━━━ Data in this exercise ━━━

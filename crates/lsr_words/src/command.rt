//! The commands of the table as clap takes them.
ghost use Rattle.std.specs.Prelude.{◌≡◌, false, fold, IfOk};
ghost use Rattle.clap.specs.Words.{app_of, rule_of};
ghost use Rattle.clap.specs.declared.builder.command.Command.{Command, out-Command};
ghost use Rattle.lsr_words.specs.Words.{lsr_words, program_words};
ghost use Rattle.lsr_words.specs.Rows.{add_row, row_words, word_rule};

use crate::help::{ABOUT, HELP, VERSION};
use crate::table::{COMMANDS, Form, PROGRAM, Row, Word};
use clap::{Arg, ArgAction, Command};
use std::alloc::{AllocError, Global};

/// The argument of a word.
fn argument<'a>(alloc: Global, word: &Word) -> Arg<'a>
    ensures rule { rule_of result ≡ word_rule word.now }
    ensures local { result.global ≡ false }
{
    let argument = Arg::new(alloc, word.name).help(word.help);
    match word.form {
        Form::Option(value) => argument.long(word.name).value_name(value),
        Form::Switch => argument.long(word.name).action(ArgAction::SetTrue),
        Form::Optional => argument,
        Form::Required => argument.required(true),
        Form::Several => argument.required(true).action(ArgAction::Append),
    }
}

/// The command of a row, with its words and its help. The only error is that memory ran out.
fn row_command<'a>(alloc: Global, row: &Row) -> Result<Command<'a>, AllocError>
    ensures words { IfOk result (λ command. app_of command ≡ row_words row.now) }
    ensures local { IfOk result (λ command. (out-Command command).has_globals ≡ false) }
{
    let mut command = Command::new(alloc, row.name)
        .about(row.about)
        .after_help(row.after_help);
    for word in row.words {
        command = command.arg(argument(alloc, word))?;
    }
    Ok(command)
}

/// The program with the commands of these rows. The only error is that memory ran out.
fn with_rows<'a>(alloc: Global, rows: &[Row]) -> Result<Command<'a>, AllocError>
    ensures { IfOk result (λ command. app_of command ≡ fold add_row program_words rows.now) }
{
    let mut program = Command::new(alloc, PROGRAM)
        .about(ABOUT)
        .version(VERSION)
        .after_help(HELP)
        .subcommand_required(true)
        .arg_required_else_help(true);
    for row in rows {
        program = program.subcommand(row_command(alloc, row)?)?;
    }
    Ok(program)
}

/// The program, with all its commands. The only error is that memory ran out.
pub(crate) fn command<'a>(alloc: Global) -> Result<Command<'a>, AllocError>
    ensures { IfOk result (λ command. app_of command ≡ lsr_words) }
{
    with_rows(alloc, &COMMANDS)
}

━━━

[Your goal]: Take every line above where "memory" appears and copy it.

[Output below]:
/// The command of a row, with its words and its help. The only error is that memory ran out.
/// The program with the commands of these rows. The only error is that memory ran out.
/// The program, with all its commands. The only error is that memory ran out.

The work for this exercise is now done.